== GOAL OF THE EXERCISE ==
Copy the data exactly from the line that contains "the same path." through the line that contains "are written below", keeping both end lines and leaving out everything else.

== INPUT DATA ==
:::::
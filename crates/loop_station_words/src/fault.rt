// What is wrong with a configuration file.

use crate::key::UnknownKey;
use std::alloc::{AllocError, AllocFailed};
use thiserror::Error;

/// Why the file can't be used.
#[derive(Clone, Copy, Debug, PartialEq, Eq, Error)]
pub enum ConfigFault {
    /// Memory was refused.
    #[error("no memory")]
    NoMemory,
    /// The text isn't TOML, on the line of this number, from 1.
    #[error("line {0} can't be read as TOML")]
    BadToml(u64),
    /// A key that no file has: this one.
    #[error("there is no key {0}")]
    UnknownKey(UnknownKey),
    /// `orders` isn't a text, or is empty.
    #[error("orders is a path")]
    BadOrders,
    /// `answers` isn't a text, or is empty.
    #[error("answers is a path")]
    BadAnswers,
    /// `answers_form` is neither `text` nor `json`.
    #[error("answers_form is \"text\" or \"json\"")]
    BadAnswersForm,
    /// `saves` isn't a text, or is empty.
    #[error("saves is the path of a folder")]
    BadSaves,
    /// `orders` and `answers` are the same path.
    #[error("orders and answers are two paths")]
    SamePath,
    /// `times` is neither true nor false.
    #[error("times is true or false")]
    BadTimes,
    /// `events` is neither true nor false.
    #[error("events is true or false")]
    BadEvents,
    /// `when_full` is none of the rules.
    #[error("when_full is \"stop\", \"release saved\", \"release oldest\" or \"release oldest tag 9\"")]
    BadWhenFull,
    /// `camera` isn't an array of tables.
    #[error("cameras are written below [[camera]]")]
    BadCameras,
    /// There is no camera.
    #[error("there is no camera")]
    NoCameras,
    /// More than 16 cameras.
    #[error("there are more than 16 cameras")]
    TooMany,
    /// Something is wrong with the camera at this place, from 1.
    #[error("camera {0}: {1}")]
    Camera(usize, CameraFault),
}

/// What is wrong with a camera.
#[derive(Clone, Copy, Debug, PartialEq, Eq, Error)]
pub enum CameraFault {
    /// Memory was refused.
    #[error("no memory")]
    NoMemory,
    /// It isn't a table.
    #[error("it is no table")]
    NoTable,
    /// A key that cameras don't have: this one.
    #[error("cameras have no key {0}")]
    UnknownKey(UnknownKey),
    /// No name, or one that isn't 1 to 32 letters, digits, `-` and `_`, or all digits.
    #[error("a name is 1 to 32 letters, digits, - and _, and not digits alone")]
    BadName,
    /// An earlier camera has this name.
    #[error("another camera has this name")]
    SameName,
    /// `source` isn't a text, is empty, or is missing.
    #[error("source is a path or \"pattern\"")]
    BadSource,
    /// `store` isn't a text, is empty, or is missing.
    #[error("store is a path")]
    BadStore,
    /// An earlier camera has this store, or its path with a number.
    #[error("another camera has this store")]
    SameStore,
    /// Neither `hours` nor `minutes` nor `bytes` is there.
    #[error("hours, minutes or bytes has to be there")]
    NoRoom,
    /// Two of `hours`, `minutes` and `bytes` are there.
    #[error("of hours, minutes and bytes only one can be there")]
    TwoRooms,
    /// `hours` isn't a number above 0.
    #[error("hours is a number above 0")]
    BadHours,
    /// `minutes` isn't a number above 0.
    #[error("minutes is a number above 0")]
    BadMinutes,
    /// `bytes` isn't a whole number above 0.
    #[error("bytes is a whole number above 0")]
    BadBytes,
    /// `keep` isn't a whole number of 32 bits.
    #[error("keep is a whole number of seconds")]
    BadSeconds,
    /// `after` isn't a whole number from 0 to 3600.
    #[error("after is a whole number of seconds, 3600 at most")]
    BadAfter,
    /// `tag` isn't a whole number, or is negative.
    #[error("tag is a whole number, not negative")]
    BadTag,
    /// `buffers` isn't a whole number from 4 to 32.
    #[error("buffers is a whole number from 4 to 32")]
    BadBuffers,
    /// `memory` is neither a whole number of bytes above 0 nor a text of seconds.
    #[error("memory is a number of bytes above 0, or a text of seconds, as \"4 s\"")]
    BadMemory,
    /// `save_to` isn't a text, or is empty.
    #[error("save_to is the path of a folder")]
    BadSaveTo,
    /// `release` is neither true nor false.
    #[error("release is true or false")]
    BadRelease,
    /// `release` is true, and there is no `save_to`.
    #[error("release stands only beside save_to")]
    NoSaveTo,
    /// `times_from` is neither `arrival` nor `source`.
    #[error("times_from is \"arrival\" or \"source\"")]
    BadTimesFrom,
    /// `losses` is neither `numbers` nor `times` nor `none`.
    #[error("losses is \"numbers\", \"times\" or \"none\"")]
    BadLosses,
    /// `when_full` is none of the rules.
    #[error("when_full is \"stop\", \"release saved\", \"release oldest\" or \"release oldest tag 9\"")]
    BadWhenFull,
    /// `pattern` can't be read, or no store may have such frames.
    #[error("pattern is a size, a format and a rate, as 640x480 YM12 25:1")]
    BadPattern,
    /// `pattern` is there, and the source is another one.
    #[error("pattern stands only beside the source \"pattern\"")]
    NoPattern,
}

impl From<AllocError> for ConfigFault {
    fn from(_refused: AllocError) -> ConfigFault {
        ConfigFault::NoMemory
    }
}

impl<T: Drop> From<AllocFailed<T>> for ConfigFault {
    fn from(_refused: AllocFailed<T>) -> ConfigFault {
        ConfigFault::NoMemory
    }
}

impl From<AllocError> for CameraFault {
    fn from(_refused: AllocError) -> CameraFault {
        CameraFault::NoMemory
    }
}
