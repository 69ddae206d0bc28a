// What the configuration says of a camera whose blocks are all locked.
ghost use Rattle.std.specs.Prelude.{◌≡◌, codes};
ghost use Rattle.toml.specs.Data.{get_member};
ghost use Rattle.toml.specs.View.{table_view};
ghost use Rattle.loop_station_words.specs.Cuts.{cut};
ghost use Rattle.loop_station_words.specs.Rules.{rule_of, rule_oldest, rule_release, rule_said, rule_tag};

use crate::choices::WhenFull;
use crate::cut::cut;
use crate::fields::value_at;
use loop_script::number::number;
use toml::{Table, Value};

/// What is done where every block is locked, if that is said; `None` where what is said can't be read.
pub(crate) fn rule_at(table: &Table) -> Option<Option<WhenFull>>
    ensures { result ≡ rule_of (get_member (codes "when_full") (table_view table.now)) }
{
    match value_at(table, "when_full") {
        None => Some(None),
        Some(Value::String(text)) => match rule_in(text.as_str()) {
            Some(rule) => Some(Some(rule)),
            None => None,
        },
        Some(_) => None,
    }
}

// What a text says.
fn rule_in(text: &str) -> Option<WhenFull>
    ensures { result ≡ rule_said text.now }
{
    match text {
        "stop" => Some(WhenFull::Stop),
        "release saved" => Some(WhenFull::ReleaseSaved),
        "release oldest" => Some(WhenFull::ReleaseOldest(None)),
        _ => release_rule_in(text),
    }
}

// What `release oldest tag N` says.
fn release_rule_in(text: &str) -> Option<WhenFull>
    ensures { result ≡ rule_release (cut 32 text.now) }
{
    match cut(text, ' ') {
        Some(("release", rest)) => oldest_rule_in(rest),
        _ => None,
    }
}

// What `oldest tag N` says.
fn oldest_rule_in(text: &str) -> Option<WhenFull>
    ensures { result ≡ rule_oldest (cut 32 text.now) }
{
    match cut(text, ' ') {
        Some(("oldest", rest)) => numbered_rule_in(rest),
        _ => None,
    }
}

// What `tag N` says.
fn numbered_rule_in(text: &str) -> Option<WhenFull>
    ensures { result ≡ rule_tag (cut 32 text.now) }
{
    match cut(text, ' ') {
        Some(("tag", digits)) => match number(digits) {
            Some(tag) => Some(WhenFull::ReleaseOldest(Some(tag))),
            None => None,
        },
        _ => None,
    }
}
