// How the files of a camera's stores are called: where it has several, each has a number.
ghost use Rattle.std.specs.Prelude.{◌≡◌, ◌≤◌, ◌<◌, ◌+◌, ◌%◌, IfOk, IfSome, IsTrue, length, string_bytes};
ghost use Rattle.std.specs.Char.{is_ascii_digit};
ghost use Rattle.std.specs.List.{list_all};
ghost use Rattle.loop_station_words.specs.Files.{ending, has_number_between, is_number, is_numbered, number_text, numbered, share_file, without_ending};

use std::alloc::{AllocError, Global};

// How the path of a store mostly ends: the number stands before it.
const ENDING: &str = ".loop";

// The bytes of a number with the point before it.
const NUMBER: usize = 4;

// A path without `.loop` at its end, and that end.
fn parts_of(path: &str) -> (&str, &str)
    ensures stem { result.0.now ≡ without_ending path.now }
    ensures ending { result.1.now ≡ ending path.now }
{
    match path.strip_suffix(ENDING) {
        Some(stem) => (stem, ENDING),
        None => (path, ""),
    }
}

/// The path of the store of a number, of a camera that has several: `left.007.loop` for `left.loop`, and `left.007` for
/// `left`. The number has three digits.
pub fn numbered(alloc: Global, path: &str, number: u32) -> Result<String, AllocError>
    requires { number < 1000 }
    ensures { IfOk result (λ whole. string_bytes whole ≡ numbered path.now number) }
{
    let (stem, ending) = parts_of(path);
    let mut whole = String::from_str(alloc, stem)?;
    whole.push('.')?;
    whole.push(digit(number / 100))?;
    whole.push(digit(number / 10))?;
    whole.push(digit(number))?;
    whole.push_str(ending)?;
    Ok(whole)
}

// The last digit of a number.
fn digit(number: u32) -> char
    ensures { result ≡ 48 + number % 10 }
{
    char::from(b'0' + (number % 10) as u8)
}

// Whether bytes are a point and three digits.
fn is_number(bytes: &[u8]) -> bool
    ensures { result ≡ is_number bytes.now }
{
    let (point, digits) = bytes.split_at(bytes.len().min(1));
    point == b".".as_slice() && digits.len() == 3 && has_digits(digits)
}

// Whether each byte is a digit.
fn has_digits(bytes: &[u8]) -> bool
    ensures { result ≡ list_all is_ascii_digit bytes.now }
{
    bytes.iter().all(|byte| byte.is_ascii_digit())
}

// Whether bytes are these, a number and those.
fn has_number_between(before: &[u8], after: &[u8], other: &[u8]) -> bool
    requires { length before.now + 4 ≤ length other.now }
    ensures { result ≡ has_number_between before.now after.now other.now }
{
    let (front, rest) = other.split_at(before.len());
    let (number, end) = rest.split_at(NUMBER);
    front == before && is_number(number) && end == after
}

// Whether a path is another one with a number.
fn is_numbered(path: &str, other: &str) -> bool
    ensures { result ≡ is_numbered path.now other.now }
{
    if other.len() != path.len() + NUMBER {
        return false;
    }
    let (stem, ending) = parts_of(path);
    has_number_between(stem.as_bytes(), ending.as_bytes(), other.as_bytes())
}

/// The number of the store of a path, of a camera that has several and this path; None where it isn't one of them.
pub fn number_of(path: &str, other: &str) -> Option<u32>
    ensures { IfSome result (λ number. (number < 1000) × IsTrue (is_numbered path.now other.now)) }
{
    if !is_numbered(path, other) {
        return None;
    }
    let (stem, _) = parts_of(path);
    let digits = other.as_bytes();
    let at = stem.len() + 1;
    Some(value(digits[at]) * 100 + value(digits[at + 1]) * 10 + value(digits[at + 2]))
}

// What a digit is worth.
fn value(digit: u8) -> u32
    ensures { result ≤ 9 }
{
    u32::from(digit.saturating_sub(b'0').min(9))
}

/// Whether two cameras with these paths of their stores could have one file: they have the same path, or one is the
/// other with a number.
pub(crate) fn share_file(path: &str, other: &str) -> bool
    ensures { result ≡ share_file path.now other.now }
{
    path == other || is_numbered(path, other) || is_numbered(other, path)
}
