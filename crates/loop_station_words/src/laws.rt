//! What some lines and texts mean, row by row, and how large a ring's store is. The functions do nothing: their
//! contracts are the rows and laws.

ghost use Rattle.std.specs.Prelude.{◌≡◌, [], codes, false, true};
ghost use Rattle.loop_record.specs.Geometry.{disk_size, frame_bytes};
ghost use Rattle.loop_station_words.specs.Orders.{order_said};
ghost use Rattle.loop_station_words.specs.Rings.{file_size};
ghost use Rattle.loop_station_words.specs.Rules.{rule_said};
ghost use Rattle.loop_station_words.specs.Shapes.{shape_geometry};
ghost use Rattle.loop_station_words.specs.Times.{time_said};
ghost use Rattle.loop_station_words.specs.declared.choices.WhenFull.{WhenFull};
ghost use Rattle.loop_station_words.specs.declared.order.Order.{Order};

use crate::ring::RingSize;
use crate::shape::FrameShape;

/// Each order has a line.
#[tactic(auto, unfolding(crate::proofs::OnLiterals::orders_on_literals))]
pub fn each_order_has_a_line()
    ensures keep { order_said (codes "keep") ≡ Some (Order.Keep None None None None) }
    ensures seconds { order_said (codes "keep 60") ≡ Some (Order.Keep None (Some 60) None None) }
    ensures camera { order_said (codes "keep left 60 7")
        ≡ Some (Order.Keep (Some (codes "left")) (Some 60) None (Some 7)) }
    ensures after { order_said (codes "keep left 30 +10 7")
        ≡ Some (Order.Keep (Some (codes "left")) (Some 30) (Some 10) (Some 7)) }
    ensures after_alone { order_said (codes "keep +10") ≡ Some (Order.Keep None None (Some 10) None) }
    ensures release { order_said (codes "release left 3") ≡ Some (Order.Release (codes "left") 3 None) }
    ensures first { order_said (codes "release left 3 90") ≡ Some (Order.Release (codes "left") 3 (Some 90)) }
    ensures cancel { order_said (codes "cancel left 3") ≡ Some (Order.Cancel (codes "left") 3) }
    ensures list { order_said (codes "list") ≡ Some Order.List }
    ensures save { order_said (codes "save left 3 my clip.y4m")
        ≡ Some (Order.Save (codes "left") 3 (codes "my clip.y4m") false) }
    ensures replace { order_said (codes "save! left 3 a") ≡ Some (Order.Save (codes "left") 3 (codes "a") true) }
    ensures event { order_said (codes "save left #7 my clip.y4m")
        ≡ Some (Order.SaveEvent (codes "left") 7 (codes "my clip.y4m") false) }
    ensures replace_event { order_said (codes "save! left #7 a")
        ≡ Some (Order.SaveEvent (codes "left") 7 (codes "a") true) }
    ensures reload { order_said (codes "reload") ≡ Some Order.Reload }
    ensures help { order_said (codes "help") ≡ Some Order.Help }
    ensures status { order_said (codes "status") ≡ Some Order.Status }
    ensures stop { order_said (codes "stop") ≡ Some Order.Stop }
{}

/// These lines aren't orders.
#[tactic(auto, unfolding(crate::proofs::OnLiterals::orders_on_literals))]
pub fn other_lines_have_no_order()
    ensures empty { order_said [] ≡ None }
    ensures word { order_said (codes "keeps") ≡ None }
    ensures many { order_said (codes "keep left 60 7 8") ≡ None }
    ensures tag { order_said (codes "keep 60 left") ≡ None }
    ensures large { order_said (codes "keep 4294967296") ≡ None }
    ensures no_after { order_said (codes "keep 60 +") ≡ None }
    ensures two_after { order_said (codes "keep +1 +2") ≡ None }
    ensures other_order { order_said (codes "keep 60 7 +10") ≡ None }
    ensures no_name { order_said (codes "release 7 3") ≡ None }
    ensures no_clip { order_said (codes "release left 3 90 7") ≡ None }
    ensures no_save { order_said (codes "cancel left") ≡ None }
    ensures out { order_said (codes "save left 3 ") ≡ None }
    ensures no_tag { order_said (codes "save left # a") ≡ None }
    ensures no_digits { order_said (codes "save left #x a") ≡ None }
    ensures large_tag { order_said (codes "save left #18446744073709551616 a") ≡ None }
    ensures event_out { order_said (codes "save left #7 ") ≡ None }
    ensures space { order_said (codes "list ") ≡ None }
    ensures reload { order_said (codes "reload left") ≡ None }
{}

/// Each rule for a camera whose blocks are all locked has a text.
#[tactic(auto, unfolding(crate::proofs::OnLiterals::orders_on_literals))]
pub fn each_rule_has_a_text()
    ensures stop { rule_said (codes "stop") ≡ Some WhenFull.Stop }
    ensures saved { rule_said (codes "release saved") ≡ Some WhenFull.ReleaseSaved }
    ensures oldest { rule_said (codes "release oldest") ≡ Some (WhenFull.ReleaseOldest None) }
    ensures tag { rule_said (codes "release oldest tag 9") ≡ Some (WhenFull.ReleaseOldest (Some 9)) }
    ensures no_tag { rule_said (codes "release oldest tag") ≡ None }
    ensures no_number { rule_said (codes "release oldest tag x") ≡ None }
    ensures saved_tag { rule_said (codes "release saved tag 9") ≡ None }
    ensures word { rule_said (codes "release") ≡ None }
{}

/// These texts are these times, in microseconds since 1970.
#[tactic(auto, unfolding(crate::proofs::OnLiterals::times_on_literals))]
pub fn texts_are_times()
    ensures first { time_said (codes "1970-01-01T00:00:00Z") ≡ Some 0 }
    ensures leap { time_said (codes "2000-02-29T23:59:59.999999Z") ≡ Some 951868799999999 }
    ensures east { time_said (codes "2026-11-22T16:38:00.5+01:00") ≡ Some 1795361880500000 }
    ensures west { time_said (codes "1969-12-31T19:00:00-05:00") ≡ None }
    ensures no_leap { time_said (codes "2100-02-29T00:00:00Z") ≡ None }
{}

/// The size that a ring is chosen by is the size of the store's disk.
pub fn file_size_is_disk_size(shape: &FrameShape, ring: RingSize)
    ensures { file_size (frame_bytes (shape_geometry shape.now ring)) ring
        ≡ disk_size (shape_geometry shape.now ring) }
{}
:::::
== THE COMPLETED TASK ==
    /// `orders` and `answers` are the same path.
    #[error("orders and answers are two paths")]
    SamePath,
    /// `times` is neither true nor false.
    #[error("times is true or false")]
    BadTimes,
    /// `events` is neither true nor false.
    #[error("events is true or false")]
    BadEvents,
    /// `when_full` is none of the rules.
    #[error("when_full is \"stop\", \"release saved\", \"release oldest\" or \"release oldest tag 9\"")]
    BadWhenFull,
    /// `camera` isn't an array of tables.
    #[error("cameras are written below [[camera]]")]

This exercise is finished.